EXERCISE BRIEF.
An identical copy of all the entries is the required result.

DATA FOR THIS TASK.
*** Block opens ***
//! Normal forms of bytes and units.

use crate::calls::{Ask, Kind};
use crate::damaged::Row;
use crate::encoded::{EncodedCall, Encoding, NormalizesUnits, are_bytes, are_units};
use crate::given::gives_given;
use crate::sinks::writes_of;
use icu_normalizer::composing::ComposingNormalizerBorrowed;
use icu_normalizer::decomposing::DecomposingNormalizerBorrowed;
use std::alloc::Global;

impl NormalizesUnits<u8> for DecomposingNormalizerBorrowed<'_> {
    fn wanted<'r>(&self, (_, decomposed, _): Row<'r, u8>) -> &'r [u8] {
        decomposed
    }

    fn makes(&self, alloc: Global, text: &[u8], want: &[u8]) -> bool {
        are_bytes(self.normalize_utf8(alloc, text), want)
    }

    fn writes(&self, alloc: Global, text: &[u8], want: &[u8]) -> Option<usize> {
        writes_of(
            alloc,
            want,
            |sink| self.normalize_utf8_to(alloc, text, sink),
        )
    }

    fn is_form(&self, _alloc: Global, text: &[u8]) -> Option<bool> {
        Some(self.is_normalized_utf8(text))
    }

    fn parts<'t>(&self, _alloc: Global, text: &'t [u8]) -> Option<(&'t [u8], &'t [u8])> {
        let (prefix, rest) = self.split_normalized_utf8(text);
        Some((prefix.as_bytes(), rest))
    }
}

impl NormalizesUnits<u16> for DecomposingNormalizerBorrowed<'_> {
    fn wanted<'r>(&self, (_, decomposed, _): Row<'r, u16>) -> &'r [u16] {
        decomposed
    }

    fn makes(&self, alloc: Global, text: &[u16], want: &[u16]) -> bool {
        are_units(self.normalize_utf16(alloc, text), want)
    }

    fn writes(&self, alloc: Global, text: &[u16], want: &[u16]) -> Option<usize> {
        writes_of(
            alloc,
            want,
            |sink| self.normalize_utf16_to(alloc, text, sink),
        )
    }

    fn is_form(&self, _alloc: Global, text: &[u16]) -> Option<bool> {
        Some(self.is_normalized_utf16(text))
    }

    fn parts<'t>(&self, _alloc: Global, text: &'t [u16]) -> Option<(&'t [u16], &'t [u16])> {
        Some(self.split_normalized_utf16(text))
    }
}

impl NormalizesUnits<u8> for ComposingNormalizerBorrowed<'_> {
    fn wanted<'r>(&self, (_, _, composed): Row<'r, u8>) -> &'r [u8] {
        composed
    }

    fn makes(&self, alloc: Global, text: &[u8], want: &[u8]) -> bool {
        are_bytes(self.normalize_utf8(alloc, text), want)
    }

    fn writes(&self, alloc: Global, text: &[u8], want: &[u8]) -> Option<usize> {
        writes_of(
            alloc,
            want,
            |sink| self.normalize_utf8_to(alloc, text, sink),
        )
    }

    fn is_form(&self, alloc: Global, text: &[u8]) -> Option<bool> {
        self.is_normalized_utf8(alloc, text).ok()
    }

    fn parts<'t>(&self, alloc: Global, text: &'t [u8]) -> Option<(&'t [u8], &'t [u8])> {
        let (prefix, rest) = self.split_normalized_utf8(alloc, text).ok()?;
        Some((prefix.as_bytes(), rest))
    }
}

impl NormalizesUnits<u16> for ComposingNormalizerBorrowed<'_> {
    fn wanted<'r>(&self, (_, _, composed): Row<'r, u16>) -> &'r [u16] {
        composed
    }

    fn makes(&self, alloc: Global, text: &[u16], want: &[u16]) -> bool {
        are_units(self.normalize_utf16(alloc, text), want)
    }

    fn writes(&self, alloc: Global, text: &[u16], want: &[u16]) -> Option<usize> {
        writes_of(
            alloc,
            want,
            |sink| self.normalize_utf16_to(alloc, text, sink),
        )
    }

    fn is_form(&self, alloc: Global, text: &[u16]) -> Option<bool> {
        self.is_normalized_utf16(alloc, text).ok()
    }

    fn parts<'t>(&self, alloc: Global, text: &'t [u16]) -> Option<(&'t [u16], &'t [u16])> {
        self.split_normalized_utf16(alloc, text).ok()
    }
}

/// Whether a call gives the NFD and NFC of all rows in an encoding.
fn has_rows(alloc: Global, encoding: Encoding, call: EncodedCall) -> bool {
    gives_given(alloc, Kind::Canonical, Ask::Encoded(encoding, call))
}

/// Whether one gives the NFKD and NFKC, which are the same: no character of the rows has a compatibility mapping.
fn has_compatible_rows(alloc: Global, encoding: Encoding, call: EncodedCall) -> bool {
    gives_given(alloc, Kind::Compatibility, Ask::Encoded(encoding, call))
}

#[test]
fn ok_normalize_utf8(rt: HostRuntime) {
    assert!(rt; has_rows(rt.alloc(), Encoding::Utf8, EncodedCall::Normalize));
}

#[test]
fn ok_normalize_utf8_to(rt: HostRuntime) {
    assert!(rt; has_rows(rt.alloc(), Encoding::Utf8, EncodedCall::Write));
}

#[test]
fn ok_is_normalized_utf8(rt: HostRuntime) {
    assert!(rt; has_rows(rt.alloc(), Encoding::Utf8, EncodedCall::IsNormalized));
}

#[test]
fn ok_split_normalized_utf8(rt: HostRuntime) {
    assert!(rt; has_rows(rt.alloc(), Encoding::Utf8, EncodedCall::SplitNormalized));
}

#[test]
fn ok_normalize_utf16(rt: HostRuntime) {
    assert!(rt; has_rows(rt.alloc(), Encoding::Utf16, EncodedCall::Normalize));
}

#[test]
fn ok_normalize_utf16_to(rt: HostRuntime) {
    assert!(rt; has_rows(rt.alloc(), Encoding::Utf16, EncodedCall::Write));
}

#[test]
fn ok_is_normalized_utf16(rt: HostRuntime) {
    assert!(rt; has_rows(rt.alloc(), Encoding::Utf16, EncodedCall::IsNormalized));
}

#[test]
fn ok_split_normalized_utf16(rt: HostRuntime) {
    assert!(rt; has_rows(rt.alloc(), Encoding::Utf16, EncodedCall::SplitNormalized));
}

#[test]
fn compatible_forms_of_bytes(rt: HostRuntime) {
    assert!(rt; has_compatible_rows(rt.alloc(), Encoding::Utf8, EncodedCall::Normalize));
}

#[test]
fn compatible_forms_of_units(rt: HostRuntime) {
    assert!(rt; has_compatible_rows(rt.alloc(), Encoding::Utf16, EncodedCall::Normalize));
}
*** Block closes ***
EXERCISE SOLUTION.
//! Normal forms of bytes and units.

use crate::calls::{Ask, Kind};
use crate::damaged::Row;
use crate::encoded::{EncodedCall, Encoding, NormalizesUnits, are_bytes, are_units};
use crate::given::gives_given;
use crate::sinks::writes_of;
use icu_normalizer::composing::ComposingNormalizerBorrowed;
use icu_normalizer::decomposing::DecomposingNormalizerBorrowed;
use std::alloc::Global;

impl NormalizesUnits<u8> for DecomposingNormalizerBorrowed<'_> {
    fn wanted<'r>(&self, (_, decomposed, _): Row<'r, u8>) -> &'r [u8] {
        decomposed
    }

    fn makes(&self, alloc: Global, text: &[u8], want: &[u8]) -> bool {
        are_bytes(self.normalize_utf8(alloc, text), want)
    }

    fn writes(&self, alloc: Global, text: &[u8], want: &[u8]) -> Option<usize> {
        writes_of(
            alloc,
            want,
            |sink| self.normalize_utf8_to(alloc, text, sink),
        )
    }

    fn is_form(&self, _alloc: Global, text: &[u8]) -> Option<bool> {
        Some(self.is_normalized_utf8(text))
    }

    fn parts<'t>(&self, _alloc: Global, text: &'t [u8]) -> Option<(&'t [u8], &'t [u8])> {
        let (prefix, rest) = self.split_normalized_utf8(text);
        Some((prefix.as_bytes(), rest))
    }
}

impl NormalizesUnits<u16> for DecomposingNormalizerBorrowed<'_> {
    fn wanted<'r>(&self, (_, decomposed, _): Row<'r, u16>) -> &'r [u16] {
        decomposed
    }

    fn makes(&self, alloc: Global, text: &[u16], want: &[u16]) -> bool {
        are_units(self.normalize_utf16(alloc, text), want)
    }

    fn writes(&self, alloc: Global, text: &[u16], want: &[u16]) -> Option<usize> {
        writes_of(
            alloc,
            want,
            |sink| self.normalize_utf16_to(alloc, text, sink),
        )
    }

    fn is_form(&self, _alloc: Global, text: &[u16]) -> Option<bool> {
        Some(self.is_normalized_utf16(text))
    }

    fn parts<'t>(&self, _alloc: Global, text: &'t [u16]) -> Option<(&'t [u16], &'t [u16])> {
        Some(self.split_normalized_utf16(text))
    }
}

impl NormalizesUnits<u8> for ComposingNormalizerBorrowed<'_> {
    fn wanted<'r>(&self, (_, _, composed): Row<'r, u8>) -> &'r [u8] {
        composed
    }

    fn makes(&self, alloc: Global, text: &[u8], want: &[u8]) -> bool {
        are_bytes(self.normalize_utf8(alloc, text), want)
    }

    fn writes(&self, alloc: Global, text: &[u8], want: &[u8]) -> Option<usize> {
        writes_of(
            alloc,
            want,
            |sink| self.normalize_utf8_to(alloc, text, sink),
        )
    }

    fn is_form(&self, alloc: Global, text: &[u8]) -> Option<bool> {
        self.is_normalized_utf8(alloc, text).ok()
    }

    fn parts<'t>(&self, alloc: Global, text: &'t [u8]) -> Option<(&'t [u8], &'t [u8])> {
        let (prefix, rest) = self.split_normalized_utf8(alloc, text).ok()?;
        Some((prefix.as_bytes(), rest))
    }
}

impl NormalizesUnits<u16> for ComposingNormalizerBorrowed<'_> {
    fn wanted<'r>(&self, (_, _, composed): Row<'r, u16>) -> &'r [u16] {
        composed
    }

    fn makes(&self, alloc: Global, text: &[u16], want: &[u16]) -> bool {
        are_units(self.normalize_utf16(alloc, text), want)
    }

    fn writes(&self, alloc: Global, text: &[u16], want: &[u16]) -> Option<usize> {
        writes_of(
            alloc,
            want,
            |sink| self.normalize_utf16_to(alloc, text, sink),
        )
    }

    fn is_form(&self, alloc: Global, text: &[u16]) -> Option<bool> {
        self.is_normalized_utf16(alloc, text).ok()
    }

    fn parts<'t>(&self, alloc: Global, text: &'t [u16]) -> Option<(&'t [u16], &'t [u16])> {
        self.split_normalized_utf16(alloc, text).ok()
    }
}

/// Whether a call gives the NFD and NFC of all rows in an encoding.
fn has_rows(alloc: Global, encoding: Encoding, call: EncodedCall) -> bool {
    gives_given(alloc, Kind::Canonical, Ask::Encoded(encoding, call))
}

/// Whether one gives the NFKD and NFKC, which are the same: no character of the rows has a compatibility mapping.
fn has_compatible_rows(alloc: Global, encoding: Encoding, call: EncodedCall) -> bool {
    gives_given(alloc, Kind::Compatibility, Ask::Encoded(encoding, call))
}

#[test]
fn ok_normalize_utf8(rt: HostRuntime) {
    assert!(rt; has_rows(rt.alloc(), Encoding::Utf8, EncodedCall::Normalize));
}

#[test]
fn ok_normalize_utf8_to(rt: HostRuntime) {
    assert!(rt; has_rows(rt.alloc(), Encoding::Utf8, EncodedCall::Write));
}

#[test]
fn ok_is_normalized_utf8(rt: HostRuntime) {
    assert!(rt; has_rows(rt.alloc(), Encoding::Utf8, EncodedCall::IsNormalized));
}

#[test]
fn ok_split_normalized_utf8(rt: HostRuntime) {
    assert!(rt; has_rows(rt.alloc(), Encoding::Utf8, EncodedCall::SplitNormalized));
}

#[test]
fn ok_normalize_utf16(rt: HostRuntime) {
    assert!(rt; has_rows(rt.alloc(), Encoding::Utf16, EncodedCall::Normalize));
}

#[test]
fn ok_normalize_utf16_to(rt: HostRuntime) {
    assert!(rt; has_rows(rt.alloc(), Encoding::Utf16, EncodedCall::Write));
}

#[test]
fn ok_is_normalized_utf16(rt: HostRuntime) {
    assert!(rt; has_rows(rt.alloc(), Encoding::Utf16, EncodedCall::IsNormalized));
}

#[test]
fn ok_split_normalized_utf16(rt: HostRuntime) {
    assert!(rt; has_rows(rt.alloc(), Encoding::Utf16, EncodedCall::SplitNormalized));
}

#[test]
fn compatible_forms_of_bytes(rt: HostRuntime) {
    assert!(rt; has_compatible_rows(rt.alloc(), Encoding::Utf8, EncodedCall::Normalize));
}

#[test]
fn compatible_forms_of_units(rt: HostRuntime) {
    assert!(rt; has_compatible_rows(rt.alloc(), Encoding::Utf16, EncodedCall::Normalize));
}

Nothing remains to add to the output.